GUIDE - NRF5 / NRF51 / NRF52 for beginners

  • So you're curious about the NRF5 series boards huh? Let's dive in!

    // updates can be found below.

    It's a tiny Arm processor based board that can work like an Arduino. There are a few flavours.
    NRF51 $3
    NRF52 $3
    NRF52840 $40 (new, has built in usb support)

    Get the NRF52 version for now


    • Arduino with built in NRF24 for just $3.
    • The size of a postage stamp.
    • Powerful enough to use the simple encryption functionality easily.
    • Antenna socket: just plug in antenna for more range.
    • Ultra low power use.
    • You get to decide which pins do what. For example, you can decide through software which pins should be hardware serial pins. There's a small pin router built in.
    • Built in support for NFC (swiping smart cards and tags).


    • Has 3.3v internal logic. Most new sensors use 3.3v for logic too.

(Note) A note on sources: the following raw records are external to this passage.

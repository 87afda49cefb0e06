//! Rule types by the form of the term.
//!
//! - `Prop : Type(0)`. A universe and a Sigma type are in the universe of their own level variable.
//! - A variable has its type, and a constant that of its entry.
//! - `{x:A}B` is in `Prop` where the head form of B's rule type is `Prop`, and else in the universe
//!   of its own level variable.
//! - `[x:A]M : {x:A}B` where M : B.
//! - `M N : B[N]` where the head form of M's rule type is `{x:A}B`.
//! - `(M, N : <x:A>B) : <x:A>B`.
//! - `M.1 : A` and `M.2 : B[M.1]` where the head form of M's rule type is `<x:A>B`.
//! - `[x=M]N` has the rule type of N[M].
//!
//! A part whose rule type isn't used is not looked at; only its nodes are counted.
ghost use Rattle.std.specs.Prelude.{◌≡◌, OnOk};
ghost use Rattle.lego_term.specs.Trees.{Pi, Lam, App, Fst, Snd, Let};
ghost use Rattle.lego_laws.specs.Places.{APair};
ghost use Rattle.lego_inference.specs.Entries.{laws_entries};
ghost use Rattle.lego_inference.specs.Locals.{site_of};
ghost use Rattle.lego_rule_types.specs.private.Finding.{IsPlaced, Finds, FindsHead, FindsFormer, sigma_tree};

use crate::head::{Former, head_of, product_in, sigma_in};
use crate::made::{
    constant, instance, own_universe, product, product_type, prop_type, second_component,
    sigma_former,
};
use crate::nodes::behind;
use crate::scope::{Setting, variable};
use lego_inference::{Locals, TypeFault};
use lego_term::{Binder, Mark, Node, Term};

/// The rule type of the term, whose nodes are numbered from `first` on.
#[cycle(rule)]
pub(crate) fn rule(
    setting: &Setting<'_>,
    locals: &mut Locals,
    m: &Term,
    first: u32,
) -> Result<Option<Term>, TypeFault>
    requires { IsPlaced (laws_entries setting.now.signature.now) (site_of locals.old first) m.now }
    ensures found { Finds (laws_entries setting.now.signature.now) setting.now.limit (site_of locals.old first) m.now result }
    ensures kept { OnOk result (locals.new ≡ locals.old) }
{
    match m.view() {
        Node::Prop => Ok(Some(prop_type(setting.alloc)?)),
        Node::Univ(_) => Ok(Some(own_universe(setting.alloc, first)?)),
        Node::Sigma(_, _, _) => Ok(Some(own_universe(setting.alloc, first)?)),
        Node::Var(index) => Ok(Some(variable(setting.alloc, locals, index)?)),
        Node::Const(number) => Ok(Some(constant(setting, number)?)),
        Node::Pair(binder, domain, body, _, _) => {
            Ok(Some(sigma_former(setting.alloc, binder, domain, body)?))
        }
        Node::Pi(binder, domain, body) => {
            product_rule(setting, locals, binder, domain, body, first)
        }
        Node::Lam(binder, domain, body) => {
            abstraction(setting, locals, binder, domain, body, first)
        }
        Node::App(mark, function, argument) => {
            application(setting, locals, mark, function, argument, first)
        }
        Node::Fst(of) => first_projection(setting, locals, of, first),
        Node::Snd(of) => second_projection(setting, locals, m, of, first),
        Node::Local(binder, value, body) => local(setting, locals, binder, value, body, first),
    }
}

/// The head form of the term's rule type.
#[cycle(rule)]
fn head_at(
    setting: &Setting<'_>,
    locals: &mut Locals,
    m: &Term,
    first: u32,
) -> Result<Option<Term>, TypeFault>
    requires { IsPlaced (laws_entries setting.now.signature.now) (site_of locals.old first) m.now }
    ensures found { FindsHead (laws_entries setting.now.signature.now) setting.now.limit (site_of locals.old first) m.now result }
    ensures kept { OnOk result (locals.new ≡ locals.old) }
{
    let Some(ty) = rule(setting, locals, m, first)? else {
        return Ok(None);
    };
    let form = head_of(setting, locals, &ty)?;
    Ok(Some(form))
}

/// A product, by the head form of its body's rule type.
#[cycle(rule)]
fn product_rule(
    setting: &Setting<'_>,
    locals: &mut Locals,
    binder: Binder,
    domain: &Term,
    body: &Term,
    first: u32,
) -> Result<Option<Term>, TypeFault>
    requires { IsPlaced (laws_entries setting.now.signature.now) (site_of locals.old first) (Pi binder domain.now body.now) }
    ensures found { Finds (laws_entries setting.now.signature.now) setting.now.limit (site_of locals.old first) (Pi binder domain.now body.now) result }
    ensures kept { OnOk result (locals.new ≡ locals.old) }
{
    let next = behind(setting.alloc, domain, first + 1)?;
    locals.push(binder, domain)?;
    let found = head_at(setting, locals, body, next)?;
    locals.pop();
    let Some(sort) = found else {
        return Ok(None);
    };
    let ty = product_type(setting.alloc, &sort, first)?;
    Ok(Some(ty))
}

/// A function, by its body's rule type.
#[cycle(rule)]
fn abstraction(
    setting: &Setting<'_>,
    locals: &mut Locals,
    binder: Binder,
    domain: &Term,
    body: &Term,
    first: u32,
) -> Result<Option<Term>, TypeFault>
    requires { IsPlaced (laws_entries setting.now.signature.now) (site_of locals.old first) (Lam binder domain.now body.now) }
    ensures found { Finds (laws_entries setting.now.signature.now) setting.now.limit (site_of locals.old first) (Lam binder domain.now body.now) result }
    ensures kept { OnOk result (locals.new ≡ locals.old) }
{
    let next = behind(setting.alloc, domain, first)?;
    locals.push(binder, domain)?;
    let found = rule(setting, locals, body, next)?;
    locals.pop();
    let Some(codomain) = found else {
        return Ok(None);
    };
    let ty = product(setting.alloc, binder, domain, &codomain)?;
    Ok(Some(ty))
}

/// An application, by the product that its function's rule type comes to.
#[cycle(rule)]
fn application(
    setting: &Setting<'_>,
    locals: &mut Locals,
    mark: Mark,
    function: &Term,
    argument: &Term,
    first: u32,
) -> Result<Option<Term>, TypeFault>
    requires { IsPlaced (laws_entries setting.now.signature.now) (site_of locals.old first) (App mark function.now argument.now) }
    ensures found { Finds (laws_entries setting.now.signature.now) setting.now.limit (site_of locals.old first) (App mark function.now argument.now) result }
    ensures kept { OnOk result (locals.new ≡ locals.old) }
{
    let Some(form) = head_at(setting, locals, function, first)? else {
        return Ok(None);
    };
    let Some(former) = product_in(&form)? else {
        return Ok(None);
    };
    let ty = instance(setting.alloc, &former.body, argument)?;
    Ok(Some(ty))
}

/// The Sigma type that a pair's rule type comes to.
#[cycle(rule)]
fn projected(
    setting: &Setting<'_>,
    locals: &mut Locals,
    of: &Term,
    first: u32,
) -> Result<Option<Former>, TypeFault>
    requires { IsPlaced (laws_entries setting.now.signature.now) (site_of locals.old first) of.now }
    ensures found { FindsFormer sigma_tree APair (laws_entries setting.now.signature.now) setting.now.limit (site_of locals.old first) of.now result }
    ensures kept { OnOk result (locals.new ≡ locals.old) }
{
    let Some(form) = head_at(setting, locals, of, first)? else {
        return Ok(None);
    };
    sigma_in(&form)
}

/// A first component.
#[cycle(rule)]
fn first_projection(
    setting: &Setting<'_>,
    locals: &mut Locals,
    of: &Term,
    first: u32,
) -> Result<Option<Term>, TypeFault>
    requires { IsPlaced (laws_entries setting.now.signature.now) (site_of locals.old first) (Fst of.now) }
    ensures found { Finds (laws_entries setting.now.signature.now) setting.now.limit (site_of locals.old first) (Fst of.now) result }
    ensures kept { OnOk result (locals.new ≡ locals.old) }
{
    let Some(former) = projected(setting, locals, of, first)? else {
        return Ok(None);
    };
    Ok(Some(former.domain))
}

/// A second component, which is the whole term.
#[cycle(rule)]
fn second_projection(
    setting: &Setting<'_>,
    locals: &mut Locals,
    whole: &Term,
    of: &Term,
    first: u32,
) -> Result<Option<Term>, TypeFault>
    requires whole { whole.now ≡ Snd of.now }
    requires placed { IsPlaced (laws_entries setting.now.signature.now) (site_of locals.old first) (Snd of.now) }
    ensures found { Finds (laws_entries setting.now.signature.now) setting.now.limit (site_of locals.old first) (Snd of.now) result }
    ensures kept { OnOk result (locals.new ≡ locals.old) }
{
    let Some(former) = projected(setting, locals, of, first)? else {
        return Ok(None);
    };
    let ty = second_component(setting.alloc, whole, of, &former.body)?;
    Ok(Some(ty))
}

/// A local definition, by its body with the value put in.
#[cycle(rule)]
fn local(
    setting: &Setting<'_>,
    locals: &mut Locals,
    binder: Binder,
    value: &Term,
    body: &Term,
    first: u32,
) -> Result<Option<Term>, TypeFault>
    requires { IsPlaced (laws_entries setting.now.signature.now) (site_of locals.old first) (Let binder value.now body.now) }
    ensures found { Finds (laws_entries setting.now.signature.now) setting.now.limit (site_of locals.old first) (Let binder value.now body.now) result }
    ensures kept { OnOk result (locals.new ≡ locals.old) }
{
    let next = behind(setting.alloc, value, first)?;
    let with_value = instance(setting.alloc, body, value)?;
    rule(setting, locals, &with_value, next)
}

    • Relatively new, so there might still be some bugs in MySensors.
    • The pins cannot handle as much current (5ma) as the Arduino's could (40ma).
    • Smaller pin spacing (1.27mm instead of 2.54mm), so harder to solder. Fewer expansion boards available.
    • Unlike the Arduino Nano, the programmer doesn't also function as a serial monitor. To get serial output you have to set some pins as the serial output, and then connect to those pins with a separate usb serial port adapter. It's a bit like the Arduino Pro Mini in that sense.
    • The EByte module has no onboard LED, which makes it difficult to know it's on, or to test things with a simple blink sketch.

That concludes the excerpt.